Choosing the right commercial diet for your dog

Did you know that switching to a more expensive diet could save you money in the long-run?

With so many dog foods on the market nowadays, deciding which one is right for your dog can be a confusing process. Yes, variety is a good thing, but too much of it can make the decision more difficult. Dry or wet food? Commercial kibble or home-cooked? Leading brand or supermarket own? Breed or life stage specific? When it comes to dog food, navigating our options is a bit of a minefield.

Not everyone favours the commercial diet but there are plenty that do. While some are passionate about the benefits of alternative diets i.e. home-cooked or raw, others are incredibly satisfied with the standard of commercial diets out there and choose to feed them as a staple diet. If you fall into the latter category, hopefully this article will guide you through the sea of choice that is commercial dog food and encourage you to opt for quality over price. In fact, switching to a more expensive diet might actually be more economical for you in the long-run.

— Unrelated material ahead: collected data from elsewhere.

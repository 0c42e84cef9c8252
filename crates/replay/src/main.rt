// Judges a recorded sample of cases and writes a verdict to a line; what it must write is what the oracle answered to them. README.md
// beside `src` says how the sample was made and what it covers.
#![tactic(auto)]

use std::io;

fn main(rt: HostRuntime) -> io::Result<()> {
    cases::judge_input::<262144, _, _>(&mut rt.reader(), &rt)
}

So, where to begin. First of all, it is worth considering your dog’s nutritional needs. Dogs are of the genus Canis and the order Carnivora, along with their wolf ancestors. You just have to look at a dog's teeth to work out its intended diet. However, being a carnivore implies that fulfilling a dog's nutritional needs is solely dependent on meat, meat, meat. But how far is this true? Look at it this way, pandas are also of the order Carnivora but their diet consists mainly of bamboo and other herbaceous shoots and leaves. In fact, based on diet alone, pandas are obligate herbivores.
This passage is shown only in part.